■ WHAT THE EXERCISE ASKS
Each entry is to be output as written, so that none is missing.

■ SUPPLIED RECORDS
□ □ □ □ □

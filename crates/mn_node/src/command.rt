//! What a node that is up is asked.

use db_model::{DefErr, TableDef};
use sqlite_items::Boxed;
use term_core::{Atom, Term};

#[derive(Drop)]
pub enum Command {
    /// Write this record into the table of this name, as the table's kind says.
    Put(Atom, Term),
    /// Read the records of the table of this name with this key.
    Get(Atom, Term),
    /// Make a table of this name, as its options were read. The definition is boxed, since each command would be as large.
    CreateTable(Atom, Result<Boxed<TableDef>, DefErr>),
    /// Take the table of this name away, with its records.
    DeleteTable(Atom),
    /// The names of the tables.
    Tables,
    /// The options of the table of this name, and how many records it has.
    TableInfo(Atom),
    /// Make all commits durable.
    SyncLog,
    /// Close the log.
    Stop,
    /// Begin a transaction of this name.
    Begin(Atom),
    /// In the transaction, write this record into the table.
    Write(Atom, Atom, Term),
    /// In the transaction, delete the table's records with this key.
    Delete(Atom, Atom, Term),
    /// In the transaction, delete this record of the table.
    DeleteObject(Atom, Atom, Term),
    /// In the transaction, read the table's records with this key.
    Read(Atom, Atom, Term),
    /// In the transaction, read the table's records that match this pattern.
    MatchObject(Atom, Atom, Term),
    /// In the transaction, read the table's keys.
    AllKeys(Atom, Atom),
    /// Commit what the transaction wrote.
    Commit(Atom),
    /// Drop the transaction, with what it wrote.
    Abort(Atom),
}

□ □ □ □ □

■ REPLY TO THE TASK
filename crates/mn_node/src/command.rt
//! What a node that is up is asked.

use db_model::{DefErr, TableDef};
use sqlite_items::Boxed;
use term_core::{Atom, Term};

#[derive(Drop)]
pub enum Command {
    /// Write this record into the table of this name, as the table's kind says.
    Put(Atom, Term),
    /// Read the records of the table of this name with this key.
    Get(Atom, Term),
    /// Make a table of this name, as its options were read. The definition is boxed, since each command would be as large.
    CreateTable(Atom, Result<Boxed<TableDef>, DefErr>),
    /// Take the table of this name away, with its records.
    DeleteTable(Atom),
    /// The names of the tables.
    Tables,
    /// The options of the table of this name, and how many records it has.
    TableInfo(Atom),
    /// Make all commits durable.
    SyncLog,
    /// Close the log.
    Stop,
    /// Begin a transaction of this name.
    Begin(Atom),
    /// In the transaction, write this record into the table.
    Write(Atom, Atom, Term),
    /// In the transaction, delete the table's records with this key.
    Delete(Atom, Atom, Term),
    /// In the transaction, delete this record of the table.
    DeleteObject(Atom, Atom, Term),
    /// In the transaction, read the table's records with this key.
    Read(Atom, Atom, Term),
    /// In the transaction, read the table's records that match this pattern.
    MatchObject(Atom, Atom, Term),
    /// In the transaction, read the table's keys.
    AllKeys(Atom, Atom),
    /// Commit what the transaction wrote.
    Commit(Atom),
    /// Drop the transaction, with what it wrote.
    Abort(Atom),
}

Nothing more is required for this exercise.